Thursday 17 August 2017

First Lady shuns traditional Muslim headscarf

Stark contrasts to Obama visit as aging king greets Trump at airport, with anti-Iran alliances on the table, says Julie Pace

Melania Trump speaks with Saudi Deputy Crown Prince Muhammad bin Nayef bin Abdulaziz al-Saud. Photo: Getty Images
Melania Trump speaks with Saudi Deputy Crown Prince Muhammad bin Nayef bin Abdulaziz al-Saud. Photo: Getty Images

Julie Pace

US First Lady Melania Trump did not cover her head when arriving in Saudi Arabia on the opening leg of her husband's first international tour since taking office.

Two years ago, then-citizen Trump criticised then-first lady Michelle Obama's decision to go bare-headed during a visit with her husband in January 2015.

"Many people are saying it was wonderful that Mrs Obama refused to wear a scarf in Saudi Arabia, but they were insulted. We have enuf enemies," Trump tweeted at the time, including a shorthand spelling for "enough".

Saudi women and most female visitors are required by law to wear a loose black robe, known as an abaya, in public. Most women in Saudi Arabia also cover their hair and face with a veil known as the niqab.

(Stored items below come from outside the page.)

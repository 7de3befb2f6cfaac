//! Lemmas on the marks of further bytes `c` of a PDU whose first bytes are `r`, by the position
//! inside the PDU (`Spot`), each stated as the contract of a function with an empty body. A mark is
//! what a byte completes: the head or the end of a PDU or of a presentation data value. After `c`
//! the PDU is still unfinished, or ends with `c`: `Arrives` has both cases.
ghost use Rattle.std.specs.Prelude.{◌≡◌, ◌≤◌, ◌<◌, ◌+◌, ◌-◌, ◌⊎◌, ◌++◌, [], ◌∷◌, ℕ, List, length};
ghost use Rattle.byteorder.specs.Endian.{big_number};
ghost use Rattle.pdu.specs.Frames.{IsRest};
ghost use Rattle.pdu.specs.Marks.{Head, BadPdv, pdv_size, head_mark, pdv_mark, frame_kind, frame_length};
ghost use Rattle.pdu.specs.Spot.{Opening, Plain, InPdv, spot, room_remaining};
ghost use Rattle.pdu.specs.Parts.{IsInData, IsUnfinishedPdv, SameFrame, SameHead, Continues, Arrives, leftover_marks, leftover_spot, body_spot};
ghost use Rattle.pdu.specs.Deframing.{MarksWithin};
ghost use Rattle.pdu.specs.PartLaws.{BadPdvHeads, PdvHeads, EmptyPdvs, WholePdvs};

/// The fields in the head of a PDU or of a presentation data value do not depend on the bytes after
/// it.
pub fn heads_are_final()
    ensures frame { (f more : List ℕ) → 6 ≤ length f → SameFrame f more }
    ensures value { (b more : List ℕ) → 6 ≤ length b → SameHead b more }
{}

/// After its head, a PDU has no marks before its last byte but those of presentation data values.
/// The last mark of that byte is the end of the PDU.
pub fn a_part_of_a_pdu()
    ensures { (r c : List ℕ) → IsRest r → 6 ≤ length r → MarksWithin r c }
{}

/// A PDU of fewer than six bytes is inside its head. A PDU that is inside a presentation data value
/// has its head, with the type of P-DATA-TF.
pub fn heads_are_first()
    ensures head { (r : List ℕ) → length r < 6 → spot r ≡ Opening }
    ensures value { (r b : List ℕ) → IsRest r → spot r ≡ InPdv b → IsInData r }
{}

/// The first five bytes of a PDU complete no mark.
pub fn a_part_of_a_head()
    ensures { (r c : List ℕ) → length (r ++ c) < 6 → Continues r c [] Opening }
{}

/// The sixth byte of a PDU completes the mark of its head, and that of its end if it has no body.
pub fn a_head_is_whole()
    ensures { (r c : List ℕ) → length r < 6 → length (r ++ c) ≡ 6
        → Arrives r c (Head (frame_kind (r ++ c)) (frame_length (r ++ c)) ∷ []) (body_spot (frame_kind (r ++ c))) }
{}

/// In the body of a PDU other than P-DATA-TF, or after an invalid presentation data value, the only
/// mark is the end.
pub fn a_part_of_a_body()
    ensures { (r c : List ℕ) → IsRest r → spot r ≡ Plain → Arrives r c [] Plain }
{}

/// An unfinished presentation data value has fewer bytes than its length says, and the whole value
/// does not pass the end of the PDU.
pub fn an_unfinished_pdv()
    ensures { (r b : List ℕ) → IsRest r → spot r ≡ InPdv b → IsUnfinishedPdv (room_remaining r + length b) b }
{}

/// The first five bytes of a presentation data value complete no mark.
pub fn a_part_of_a_pdv_head()
    ensures { (r c b : List ℕ) → IsRest r → spot r ≡ InPdv b → length (b ++ c) < 6 → Arrives r c [] (InPdv (b ++ c)) }
{}

/// The sixth byte of a presentation data value completes the mark of an invalid head if its length
/// is below 2 or passes the end of the PDU, otherwise of a valid head. If the fragment is empty,
/// the marks of the value's end and of leftover bytes, if any, follow.
pub fn a_pdv_head_is_whole()
    ensures bad { BadPdvHeads }
    ensures more { PdvHeads }
    ensures none { EmptyPdvs }
{}

/// The last byte of a fragment completes the marks of the value's end and of leftover bytes, if
/// any. Its other bytes complete no mark.
pub fn a_part_of_a_fragment()
    ensures more { (r c b : List ℕ) → IsRest r → spot r ≡ InPdv b → 6 ≤ length b → length (b ++ c) < pdv_size b → Arrives r c [] (InPdv (b ++ c)) }
    ensures whole { WholePdvs }
{}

While Melania dressed conservatively in a long-sleeved, black trouser suit accented with a wide, gold-coloured belt, her below-the-shoulder brown hair blew in the breeze.

On visits earlier this year, British Prime Minister Theresa May and German Chancellor Angela Merkel also shunned head coverings.

Then-first lady Laura Bush generally went without covering her head, though she once briefly donned a headscarf that she received as a gift. Hillary Clinton, on trips to Saudi Arabia as Obama's secretary of state, also did not cover her head.

Trump's daughter Ivanka, a senior White House adviser who is also accompanying her father, also left her head uncovered.

Saudi Arabia adheres to an ultraconservative ­interpretation of Islamic sharia law under which unrelated men and women are segregated.